Alternative to cp command

Stellaman1977 · June 7, 2018, 1:56pm

Good Afternoon,

I'm backing up a folder from one NAS to another using a unix script using

cp

. Its a lot of files and takes several days to complete. Most of the files don't change from week to week. Is there a command that would be quicker?

Also note, the backup needs to be ready-to-use in an instant- not in an archive or something that would need to be extracted or anything.

disedorgue · June 7, 2018, 2:49pm

Hi,

Maybe, you can to see to side: https://www.unix.com/unix-for-dummies-questions-and-answers/128363-copy-files-parallel.html

Regards.

Corona688 · June 7, 2018, 2:58pm

We're not going to improve "several days" into "instant" no matter what the means. Further, any program which creates files does largely does the same thing as cp.

Parellizing is usually a non-starter. The bottleneck you're already hitting would get worse.

Speeding it up, then, is a matter of improving or bypassing the connection to your NAS.

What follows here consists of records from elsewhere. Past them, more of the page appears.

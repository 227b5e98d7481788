//! Muxes and arcs in rows.

ghost use Rattle.std.specs.Prelude.{◌≡◌, ◌<◌, ◌≤◌, IfOk, IsErrOf, length};
ghost use Rattle.fabric.specs.GraphOf.{muxes_of};
ghost use Rattle.fabric.specs.InOrder.{InOrderOnce};
ghost use Rattle.graph_lists.specs.ArcLists.{numbers_cmp};
ghost use Rattle.graph_numbers.specs.Numbers.{mux_numbers};
ghost use Rattle.graph_numbers.specs.StandFor.{arc_numbers};
ghost use Rattle.records.specs.Limits.{most_arcs, most_muxes};

use crate::RowsError;
use arc_rows::ArcRows;
use device_numbers::{CountError, DeviceNumbers};
use mux_rows::MuxRows;
use std::alloc::Global;

/// The muxes of a device by tile and by sink, and its arcs in arc order, by source, by sink and by mux.
#[derive(Drop)]
pub struct GraphRows {
    pub muxes: MuxRows,
    pub arcs: ArcRows,
}

// The muxes in rows.
#[tactic(auto, using(crate::proofs::Below::tiles_below, crate::proofs::Below::sinks_below))]
fn mux_rows_of(alloc: Global, numbers: &DeviceNumbers<'_>) -> Result<MuxRows, CountError>
    ensures muxes { IfOk result (λ rows. rows ≡ record { tiles = length numbers.now.device.grid.tiles; wires = length numbers.now.wires; muxes = mux_numbers numbers.now.device numbers.now.wires }) }
    ensures few { IfOk result (λ rows. length rows.muxes ≤ most_muxes) }
    ensures too_many { IsErrOf result CountError.TooMany → most_muxes < length (mux_numbers numbers.now.device numbers.now.wires) }
{
    let muxes = numbers.muxes(alloc)?;
    let rows = MuxRows::new(alloc, numbers.tiles(), numbers.wires().len(), muxes)?;
    Ok(rows)
}

// The arcs in rows.
#[tactic(auto, using(crate::proofs::Below::arcs_below, crate::proofs::Below::arcs_rise))]
fn arc_rows_of(
    alloc: Global,
    numbers: &DeviceNumbers<'_>,
    muxes: &MuxRows,
) -> Result<ArcRows, CountError>
    requires muxes { muxes.now.muxes ≡ mux_numbers numbers.now.device numbers.now.wires }
    requires few { length muxes.now.muxes ≤ most_muxes }
    ensures arcs { IfOk result (λ rows. InOrderOnce numbers_cmp (arc_numbers numbers.now.device numbers.now.wires (muxes_of numbers.now.device numbers.now.wires)) rows.arcs) }
    ensures counts { IfOk result (λ rows. (rows.wires ≡ length numbers.now.wires) × (rows.muxes ≡ length muxes.now.muxes)) }
    ensures few { IfOk result (λ rows. length rows.arcs ≤ most_arcs) }
    ensures too_many { IsErrOf result CountError.TooMany
        → most_arcs < length (arc_numbers numbers.now.device numbers.now.wires (muxes_of numbers.now.device numbers.now.wires)) }
{
    let arcs = numbers.arcs(alloc, muxes.muxes())?;
    let rows = ArcRows::new(alloc, numbers.wires().len(), muxes.len() as u32, arcs)?;
    Ok(rows)
}

/// The muxes and arcs of a device in rows, by as many tiles, wires and muxes as there are; `Muxes` and `Arcs` exactly where they pass their limits, in this order.
pub fn rows_of(alloc: Global, numbers: &DeviceNumbers<'_>) -> Result<GraphRows, RowsError>
    ensures muxes { IfOk result (λ rows. rows.muxes ≡ record { tiles = length numbers.now.device.grid.tiles; wires = length numbers.now.wires; muxes = mux_numbers numbers.now.device numbers.now.wires }) }
    ensures arcs { IfOk result (λ rows. InOrderOnce numbers_cmp (arc_numbers numbers.now.device numbers.now.wires (muxes_of numbers.now.device numbers.now.wires)) rows.arcs.arcs) }
    ensures counts { IfOk result (λ rows. (rows.arcs.wires ≡ length numbers.now.wires) × (rows.arcs.muxes ≡ length rows.muxes.muxes)) }
    ensures few { IfOk result (λ rows. (length rows.muxes.muxes ≤ most_muxes) × (length rows.arcs.arcs ≤ most_arcs)) }
    ensures many_muxes { IsErrOf result RowsError.Muxes → most_muxes < length (mux_numbers numbers.now.device numbers.now.wires) }
    ensures few_muxes { IsErrOf result RowsError.Arcs → length (mux_numbers numbers.now.device numbers.now.wires) ≤ most_muxes }
    ensures many_arcs { IsErrOf result RowsError.Arcs
        → most_arcs < length (arc_numbers numbers.now.device numbers.now.wires (muxes_of numbers.now.device numbers.now.wires)) }
{
    let muxes = match mux_rows_of(alloc, numbers) {
        Ok(muxes) => muxes,
        Err(CountError::TooMany) => return Err(RowsError::Muxes),
        Err(CountError::Memory) => return Err(RowsError::Memory),
    };
    match arc_rows_of(alloc, numbers, &muxes) {
        Ok(arcs) => Ok(GraphRows { muxes, arcs }),
        Err(CountError::TooMany) => Err(RowsError::Arcs),
        Err(CountError::Memory) => Err(RowsError::Memory),
    }
}
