//! Why a graph has no rows.

use std::alloc::{AllocError, AllocFailed};
use thiserror::Error;

/// Why the muxes and arcs of a device have no rows.
#[derive(Clone, Copy, Debug, PartialEq, Eq, Error)]
pub enum RowsError {
    /// More muxes than a graph may have.
    #[error("too many muxes")]
    Muxes,
    /// More arcs than a graph may have, and no more muxes.
    #[error("too many arcs")]
    Arcs,
    #[error("out of memory")]
    Memory,
}

impl From<AllocError> for RowsError {
    ghost use Rattle.std.specs.Prelude.{◌≡◌};
    ghost use Rattle.graph_rows.specs.declared.errors.RowsError.TheVariants.{Memory};

    ghost from_gives = { λ _ e. e ≡ Memory };

    fn from(_error: AllocError) -> RowsError {
        RowsError::Memory
    }
}

impl<T: Drop> From<AllocFailed<T>> for RowsError {
    ghost use Rattle.std.specs.Prelude.{◌≡◌};
    ghost use Rattle.graph_rows.specs.declared.errors.RowsError.TheVariants.{Memory};

    ghost from_gives = { λ _ e. e ≡ Memory };

    fn from(_error: AllocFailed<T>) -> RowsError {
        RowsError::Memory
    }
}
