//! The muxes and arcs of a device in rows, as a routing graph lends them.
#![tactic(auto)]

mod errors;
mod rows;

pub use errors::RowsError;
pub use rows::{GraphRows, rows_of};
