//! The names of the tiles of a grid in order: by a name its tile is found in time that grows with the name and the logarithm of how
//! many there are.
#![tactic(auto)]

mod names;

pub use names::TileNames;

The holdup is very likely protocol latency multiplied by thousands of tiny files. If that's handled locally on your NAS, it will be much faster. You say "no archive", but that's still my answer. You don't have to wait for it to transfer, or even store it after all, the whole point of a UNIX tarball is you can extract it on the fly. You can transfer it over a network pipe of some sort and extract it while it's still being transferred.

Something like:

tar -C /path/to/localfolder -cf - | ssh -T username@host 'cd /path/to/destination ; tar -tf -'

Change tar -tf to tar -xf once you've tested and see that it does what you want.

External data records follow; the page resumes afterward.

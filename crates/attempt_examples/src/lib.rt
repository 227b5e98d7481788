//! Worked examples of the attempts of a router, each the contract of a function with an empty body.
#![tactic(auto)]

ghost use Rattle.attempt_examples.specs.MovedToggle.{at_sites, moved_toggle, moved_toggle_side, third_moves};
ghost use Rattle.attempt_examples.specs.SafeToggle.{toggle_job};
ghost use Rattle.attempt_examples.specs.SiteOrder.{empty_sites, mini_c, present, site, sites_from, stands_at, tiles_of, toggle_side_c};
ghost use Rattle.attempt_examples.specs.TwoTiles.{design, design_text, graph, job, ripped_job, state, step, two_tiles};
ghost use Rattle.attempts.specs.Attempts.{AttemptComplete, Ended, IsAnswer, Routed};
ghost use Rattle.attempts.specs.Candidates.{site_cmp, IsCandidate, IsFirst};
ghost use Rattle.attempts.specs.Jobs.{read_of};
ghost use Rattle.attempts.specs.Moves.{moved_config, moved_side, renamed};
ghost use Rattle.fabric.specs.Agree.{ArcsAgree};
ghost use Rattle.fabric_laws.specs.PlainGraph.{graph_of};
ghost use Rattle.layout_laws.specs.Named.{NamesOnce};
ghost use Rattle.mini.specs.MiniA.{mini_a};
ghost use Rattle.mini.specs.Toggle.{toggle, toggle_side};
ghost use Rattle.repair.specs.Layouts.{configured};
ghost use Rattle.repair_laws.specs.Ready.{IsReady};
ghost use Rattle.std.specs.Prelude.{codes, map, None, Some, [], ◌∷◌, ◌≡◌};
ghost use Rattle.std.specs.declared.cmp.Ordering.TheVariants.{Less};

/// The toggle is safe, so one attempt is complete and leaves it as it is.
pub fn safe_toggle_stays()
    ensures { IsAnswer toggle_job (Ended (AttemptComplete ∷ []) (Routed toggle_job.design 0)) }
{}

/// A setting goes to the one at its first position among those of the new kind.
pub fn settings_go_by_position()
    ensures first { renamed (codes "S0.K" ∷ codes "S0.MODE" ∷ codes "S0.K" ∷ []) (codes "S1.K" ∷ codes "S1.MODE" ∷ codes "S2.K" ∷ []) (codes "S0.K") ≡ Some (codes "S1.K") }
    ensures second { renamed (codes "S0.K" ∷ codes "S0.MODE" ∷ []) (codes "S1.K" ∷ codes "S1.MODE" ∷ []) (codes "S0.MODE") ≡ Some (codes "S1.MODE") }
    ensures none { renamed (codes "S0.K" ∷ codes "S0.MODE" ∷ []) (codes "S1.K" ∷ codes "S1.MODE" ∷ []) (codes "S1.K") ≡ None }
{}

/// The third slice of the toggle moves to the empty tile beside it: its word goes to a section of its own there.
pub fn slice_of_toggle_moves()
    ensures text { at_sites (graph_of mini_a) third_moves (λ old new. moved_config old new toggle)
        ≡ Some moved_toggle }
    ensures side { moved_side third_moves toggle_side ≡ moved_toggle_side }
{}

/// Sites come by their distance from the present one, then by row, column, name of kind and name of tile.
pub fn sites_come_in_order()
    ensures distance { site_cmp present (site 6 5 (codes "S") (codes "R6C5:L")) (site 4 4 (codes "S") (codes "R4C4:L")) ≡ Less }
    ensures row { site_cmp present (site 4 6 (codes "S") (codes "R4C6:L")) (site 5 3 (codes "S") (codes "R5C3:L")) ≡ Less }
    ensures column { site_cmp present (site 4 4 (codes "T") (codes "R4C4:L")) (site 4 6 (codes "S") (codes "R4C6:L")) ≡ Less }
    ensures kind { site_cmp present (site 4 4 (codes "S") (codes "R4C4:Z")) (site 4 4 (codes "T") (codes "R4C4:A")) ≡ Less }
    ensures tile { site_cmp present (site 4 4 (codes "S") (codes "R4C4:A")) (site 4 4 (codes "S") (codes "R4C4:Z")) ≡ Less }
{}

/// From the third column of MINI-C the sites of equal shape come in this order: of those beside it the left one first,
/// then the one that lies further off. The toggle's slices leave one of them empty.
pub fn third_slice_has_one_empty_site()
    ensures others { let g = graph_of mini_c in map (λ from. tiles_of (sites_from g from)) (stands_at (codes "R1C3:MLD") g)
        ≡ (codes "R1C2:MLC" ∷ codes "R1C4:MLC" ∷ codes "R1C1:MLC" ∷ []) ∷ [] }
    ensures empty { let g = graph_of mini_c in map (λ from. tiles_of (empty_sites toggle_side_c (sites_from g from))) (stands_at (codes "R1C3:MLD") g)
        ≡ (codes "R1C4:MLC" ∷ []) ∷ [] }
{}

/// On a small device a slice has a first candidate: the other tile for its kind. The move takes its word there, removes
/// the route of its register and the clock line at its old pin, and rips its three connections.
pub fn slice_has_a_first_candidate()
    ensures candidate { IsCandidate job state step }
    ensures first { IsFirst job state (codes "a") step }
{}

/// Where all nets but clocks are ripped, the two connections of the slice get their paths back in one attempt.
pub fn ripped_slice_is_routed_again()
    ensures { IsAnswer ripped_job (Ended (AttemptComplete ∷ []) (Routed design 2)) }
{}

hicksd8 · June 8, 2018, 3:35am

I think that I get the question as you've described it quite clearly. Different people will have different solutions but this is what I would do.

(Obviously, if the (original) copy takes several hours then users could be modifying files during that time so you need somehow to cope with that.)

Do the first copy using find piped to cpio and create a timestamp of the event:

# cd <source directory>
# date > timenow
# find . -depth -print | cpio -puvdm <destination directory>
# mv timenow timelastcopy

NOTE: The <destination directory> MUST already exist before the command is run otherwise it will fail, so create it manually if need be.

After the first copy, select only files that have changed since the last copy by using the -newer switch on find :

# cd <source directory>
# date > timenow
# find . -newer timelastcopy -depth -print | cpio -puvdm <destination directory>
# rm timelastcopy
# mv timenow timelastcopy

Note that we create the timestamp (timenow) before we start to copy because users might modify files whilst the copy is executing.

This way files that have not changed since before the very start of the last copy will not be copied again. The incremental copies will therefore be much quicker than a full copy. If the job fails to complete then the timelastcopy will not get updated so these files will get selected again on the next run.

Hope that helps and I hope I've explained that clear enough. If not, post back your questions.

Peasant · June 8, 2018, 11:38am

Considering you posted that most files remain unchanged, a rsync will not copy same files based on date or checksum.

This will lower io on the disks and network, but increase cpu usage if checksum is used.

What's a lot of files ?

Regards
Peasant.

jim_mcnamara · June 8, 2018, 11:40am

This is clearly NOT an alternative to a command. So it may not meet your needs.

What file system? ZFS, EXT4...?

Some file systems support snapshots, so you backup from the snapshot. If you create a snapshot at time T, then run your backup against the time T snap at T + 10 days, you still get what was there at time T. No corruption.

You can also clone a file system to a different name, filesysA -> filesysB, then backup filesysB at your leisure.

You can get snapshot and clone worthy filesystems for Linux and Solaris. I do not know about HP or AIX.